Lo spedizioniere, la mamma, il salesiano. Gli abbracci negati alle vittime del Covid in Fvg

Don Sossa, esule istriano, si è ammalato in un paese vicino a Biella. Lucia Argenti è morta invece dopo il rientro a Trieste dall’Australia  

TRIESTE L’assenza di un abbraccio nel momento in cui si prova più paura. La tristezza di un addio frettoloso dato al telefono, per i più fortunati in videochiamata con i parenti a casa. L’impossibilità di ricevere il saluto, seppur postumo, di amici e familiari in un funerale “come si deve”. Sono tratti che accomunano le morti della maggior parte delle vittime provocate dal coronavirus in regione. Ecco il ricordo di alcune di loro.

Il religioso

Da Matterada, tra Buie e Umago, fino a Vigliano, in provincia di Biella.
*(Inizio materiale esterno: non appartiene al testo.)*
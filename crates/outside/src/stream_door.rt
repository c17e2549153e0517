// A listener of std. It tells nothing of the links that will come, and counts its faults.
ghost use Rattle.std.specs.Prelude.{◌≡◌, None, Some, false};

use crate::accepting::accepted;
use crate::{Failed, Listener, StreamLink};
use std::io::{Read, Write};
use std::net::{Net, OpenListener, OpenStream, SocketAddr, TcpListener, TcpStream};
use std::sync::Wait;
use std::time::{Clock, Duration};

/// A listener of std that gives each connection as a link, and never ends. It fails where the listener fails, but for three errors of one
/// caller or a signal (ECONNABORTED, EPROTO and EINTR), after which it asks again at once, and for two that other links may end (EMFILE and
/// ENFILE: too many files are open), after which it asks again in 50 milliseconds. The rule is this project's own, after Linux's accept(2).
#[derive(Drop)]
pub struct StreamDoor<'a, T, R> {
    rt: &'a R,
    // None where the address couldn't be listened at.
    listener: Option<T>,
    longest: Duration,
    faults: u64,
}

/// A listener at an address of the machine.
pub type TcpDoor<'a, R> = StreamDoor<'a, TcpListener, R>;

impl<'a, R: Net<Listener = TcpListener, Stream = TcpStream>> TcpDoor<'a, R> {
    ghost use Rattle.outside.specs.Machine.{door_faults, door_longest};

    /// Listens at the address, `HOST:PORT`, where port 0 is any free one. `longest` is how long a read or a write of its links may
    /// wait, above 0: the read of a link that says nothing for so long fails and counts, and who serves the link closes it. Where the
    /// address can't be listened at, each call of `next` fails and counts.
    pub fn open(rt: &'a R, address: &str, longest: Duration) -> TcpDoor<'a, R>
        ensures longest { door_longest result ≡ longest }
        ensures faults { door_faults result ≡ 0 }
    {
        StreamDoor {
            rt,
            listener: TcpListener::bind(rt, address).ok(),
            longest,
            faults: 0,
        }
    }
}

impl<'a, T: OpenListener, R> StreamDoor<'a, T, R> {
    ghost use Rattle.outside.specs.Machine.{door_listener, door_longest, door_faults};

    /// A listener over this one of std. `longest` is as of `open`.
    pub fn over(rt: &'a R, listener: T, longest: Duration) -> StreamDoor<'a, T, R>
        ensures listener { door_listener result ≡ Some listener }
        ensures longest { door_longest result ≡ longest }
        ensures faults { door_faults result ≡ 0 }
    {
        StreamDoor {
            rt,
            listener: Some(listener),
            longest,
            faults: 0,
        }
    }

    /// The address at which it listens, where it does.
    pub fn address(&self) -> Option<SocketAddr> {
        self.listener.as_ref()?.local_addr().ok()
    }
}

impl<
    'a,
    S: Read + Write + OpenStream + Send + Drop,
    T: OpenListener<Stream = S>,
    R: Clock + Wait + Sync,
> Listener for StreamDoor<'a, T, R> {
    type L = StreamLink<'a, S, R>;

    ghost left = { λ _. None };

    ghost ended = { λ _. false };

    ghost faults = { λ d. d.faults };

    /// Waits for the next connection.
    fn next(&mut self) -> Result<Option<StreamLink<'a, S, R>>, Failed> {
        if let Some(listener) = &self.listener {
            if let Some(stream) = accepted(self.rt, listener) {
                return Ok(Some(StreamLink::over(self.rt, stream, self.longest)));
            }
        }
        self.faults = self.faults.saturating_add(1);
        Err(Failed)
    }
}
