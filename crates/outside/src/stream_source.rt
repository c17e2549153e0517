// A reader of std as a source. It reads ahead, since a caller that takes one byte a call would cost one call of the system a byte.
ghost use Rattle.std.specs.Prelude.{◌≡◌, IsNone, IsErr, IfOk, OnOk};
ghost use Rattle.std.specs.Io.{ReadsAtMost};
ghost use Rattle.std.specs.Io.KnownBytes.{ReadConsumes};
ghost use Rattle.outside.specs.Causes.{HasCause};

use crate::reading::read_some;
use crate::{Failed, Source};
use std::alloc::{AllocError, Global};
use std::io::{BufReader, Read};

/// The bytes of a reader. It reads ahead by up to 8,192 bytes, so bytes that no call has given can be gone from what the reader
/// reads; a read of 8,192 bytes or more with none held goes to the reader straight. Each fault of the reader is one of the source.
#[derive(Drop)]
pub struct StreamSource<R> {
    // None where the outside gave no reader.
    reader: Option<BufReader<R>>,
    faults: u64,
}

impl<R: Read + Drop> StreamSource<R> {
    ghost use Rattle.outside.specs.Machine.{stream_left, stream_read_faults};

    /// A source that has left what the reader has. Its buffer is all the memory that it ever wants; where there is none for it, the
    /// reader is let go.
    pub fn new(alloc: Global, reader: R) -> Result<StreamSource<R>, AllocError>
        ensures left { IfOk result (λ s. stream_left R.remaining s ≡ R.remaining reader) }
        ensures faults { IfOk result (λ s. stream_read_faults s ≡ 0) }
    {
        match BufReader::new(alloc, reader) {
            Ok(reader) => Ok(StreamSource {
                reader: Some(reader),
                faults: 0,
            }),
            Err(_) => Err(AllocError),
        }
    }
}

impl<R> StreamSource<R> {
    ghost use Rattle.outside.specs.Machine.{stream_reader, stream_read_faults};

    /// A source without a reader, as where a file can't be opened. Each read fails and counts.
    pub fn without_reader() -> StreamSource<R>
        ensures none { IsNone (stream_reader result) }
        ensures faults { stream_read_faults result ≡ 0 }
    {
        StreamSource {
            reader: None,
            faults: 0,
        }
    }
}

impl<R: Read> Source for StreamSource<R> {
    ghost use Rattle.outside.specs.Machine.{stream_left, stream_reader, stream_read_faults};

    ghost left = { stream_left R.remaining };

    ghost faults = { λ s. stream_read_faults s };

    /// Gives the bytes that the reader gives, in their order. It fails where the reader failed; a signal doesn't end it, unless it cuts
    /// off 64 reads in a row.
    fn read(&mut self, to: &mut [u8]) -> Result<usize, Failed>
        ensures bound { ReadsAtMost result to.new }
        ensures bytes { ReadConsumes (stream_left R.remaining self.old) (stream_left R.remaining self.new) result to.new }
        ensures cause { HasCause (stream_read_faults self.old) (stream_read_faults self.new) result }
        ensures faultless { OnOk result (stream_read_faults self.new ≡ stream_read_faults self.old) }
        ensures none { IsNone (stream_reader self.old) → IsErr result }
    {
        if let Some(reader) = &mut self.reader {
            if let Ok(count) = read_some(reader, to) {
                return Ok(count);
            }
        }
        self.faults = self.faults.saturating_add(1);
        Err(Failed)
    }
}
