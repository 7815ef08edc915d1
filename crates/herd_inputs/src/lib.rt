// A herd's record as the complete inputs of its kind, each from the slot of its name.
#![tactic(auto)]

ghost use Rattle.std.specs.Prelude.{◌≡◌};
ghost use Rattle.inputs.specs.declared.Kind.TheVariants as kinds;
ghost use Rattle.typed_inputs.specs.Typed.{given_named, tan_in, roughage_of, outdoor_of, cattle_of, pigs_of, typed_of};

use farm::Herd;
use inputs::{Kind, slots};
use kinds::{Cattle, CattleKind, Entered, Inputs, Outdoor, Pigs, Roughage, choices};

fn roughage_of(h: Herd) -> Roughage
    ensures { result ≡ roughage_of h }
{
    Roughage {
        animalcategory: slot_values::number_at(h, slots::ROUGHAGE_ANIMALCATEGORY),
        animals: slot_values::number_at(h, slots::ROUGHAGE_ANIMALS),
        inp_n_excretion: slot_values::entered_at(h, slots::ROUGHAGE_INP_N_EXCRETION),
        tan_fraction: slot_values::entered_at(h, slots::ROUGHAGE_TAN_FRACTION),
        free_correction_factor: slot_values::signed_at(h, slots::ROUGHAGE_FREE_CORRECTION_FACTOR),
        grazing_days: slot_values::number_at(h, slots::ROUGHAGE_GRAZING_DAYS),
        grazing_hours: slot_values::number_at(h, slots::ROUGHAGE_GRAZING_HOURS),
    }
}

// The module `Outdoor`, in the same slots for both kinds that have it.
fn outdoor_of(h: Herd) -> Outdoor
    ensures { result ≡ outdoor_of kinds.Cattle h }
{
    Outdoor {
        yard_days: slot_values::number_at(h, slots::CATTLE_YARD_DAYS),
        exercise_yard: choices::yard_at(slot_values::number_at(h, slots::CATTLE_EXERCISE_YARD)),
        floor_properties_exercise_yard: choices::floor_at(slot_values::number_at(
            h,
            slots::CATTLE_FLOOR_PROPERTIES_EXERCISE_YARD,
        )),
        free_correction_factor: slot_values::signed_at(h, slots::CATTLE_FREE_CORRECTION_FACTOR),
        grazing_days: slot_values::number_at(h, slots::CATTLE_GRAZING_DAYS),
        grazing_hours: slot_values::number_at(h, slots::CATTLE_GRAZING_HOURS),
    }
}

fn tan_of(kind: CattleKind, h: Herd) -> Entered
    ensures { result ≡ tan_in kind (given_named kinds.Cattle "tan_fraction" h) }
{
    match kind {
        CattleKind::OtherCattle => Entered::Number(slot_values::number_at(
            h,
            slots::CATTLE_TAN_FRACTION,
        )),
        CattleKind::DairyCow => slot_values::entered_at(h, slots::CATTLE_TAN_FRACTION),
    }
}

// Other cattle and dairy cows: one list of inputs.
fn cattle_of(kind: CattleKind, h: Herd) -> Cattle
    ensures { result ≡ cattle_of kind h }
{
    Cattle {
        kind,
        animals: slot_values::number_at(h, slots::CATTLE_ANIMALS),
        inp_n_excretion: slot_values::number_at(h, slots::CATTLE_INP_N_EXCRETION),
        tan_fraction: tan_of(kind, h),
        outdoor: outdoor_of(h),
    }
}

fn pigs_of(h: Herd) -> Pigs
    ensures { result ≡ pigs_of h }
{
    Pigs {
        animals: slot_values::number_at(h, slots::PIGS_ANIMALS),
        inp_n_excretion: slot_values::number_at(h, slots::PIGS_INP_N_EXCRETION),
        tan_fraction: slot_values::number_at(h, slots::PIGS_TAN_FRACTION),
        housing_type: choices::housing_at(slot_values::number_at(h, slots::PIGS_HOUSING_TYPE)),
        air_scrubber: choices::scrubber_at(slot_values::number_at(h, slots::PIGS_AIR_SCRUBBER)),
        mitigation_housing_floor: choices::housing_floor_at(slot_values::number_at(
            h,
            slots::PIGS_MITIGATION_HOUSING_FLOOR,
        )),
        mitigation_housing_air: choices::housing_air_at(slot_values::number_at(
            h,
            slots::PIGS_MITIGATION_HOUSING_AIR,
        )),
        free_correction_factor: slot_values::signed_at(h, slots::PIGS_FREE_CORRECTION_FACTOR),
    }
}

pub fn typed_of(h: Herd) -> Inputs
    ensures { result ≡ typed_of h }
{
    match h.kind {
        Kind::Roughage => Inputs::Roughage(roughage_of(h)),
        Kind::Cattle => Inputs::Cattle(cattle_of(CattleKind::OtherCattle, h)),
        Kind::Pigs => Inputs::Pigs(pigs_of(h)),
        Kind::DairyCow => Inputs::Cattle(cattle_of(CattleKind::DairyCow, h)),
    }
}
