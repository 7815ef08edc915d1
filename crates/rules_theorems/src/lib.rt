// Theorems only: the file rules and the refusals of 01 as statements about a file's records, and that what the reader
// is defined to answer is just what they ask.
#![tactic(auto)]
Lì è morto nei giorni scorsi per Covid-19 don Albino Sossa, 86 anni, esule istriano. Dopo la fuga dal paese d’origine, era approdato in Piemonte, deciso a dedicare la propria vita alla religione. Così al termine degli studi dai Salesiani, fu ordinato sacerdote a Bollengo (Torino) il 25 marzo 1961. In seguito è stato insegnante e direttore di oratorio in diverse case salesiane del novarese. Dal 1989 al 1993 è stato missionario a Ondo in Nigeria. Rientrato in Italia, don Albino si era stabilito a Vigliano Biellese dove ha operato in qualità di vicario parrocchiale e svolto altri incarichi pastorali, dedicandosi ai giovani con autentico spirito salesiano. «Se n’è andato proprio nel cinquantanovesimo anniversario della sua ordinazione sacerdotale (il 25 marzo, ndr) - ricorda da Trieste il cugino Piero Delbello –. Veniva spesso da noi e non perdeva l’occasione per tornare a vedere i luoghi dell’infanzia nella sua amata Istria. Rimarrà per tutti noi parenti il rammarico di non essergli stati vicini nel triste momento della fine». I funerali, infatti, si sono svolti in forma strettamente privata a Torino, in ottemperanza alle disposizioni ministeriali e della curia vescovile. La salma è stata traslata momentaneamente nella tomba dei salesiani di Muzzano, sempre nel biellese, per poi essere tumulata nel cimitero di Sant’Anna a Trieste nella tomba dei confratelli salesiani. Solamente in un secondo momento verranno comunicate data e modalità delle esequie. La sua morte ha colpito molto la comunità di Vigliano. Tra l’altro anche il parroco del paese e altri salesiani sono ricoverati all’ospedale di Biella sempre a causa del Coronavirus.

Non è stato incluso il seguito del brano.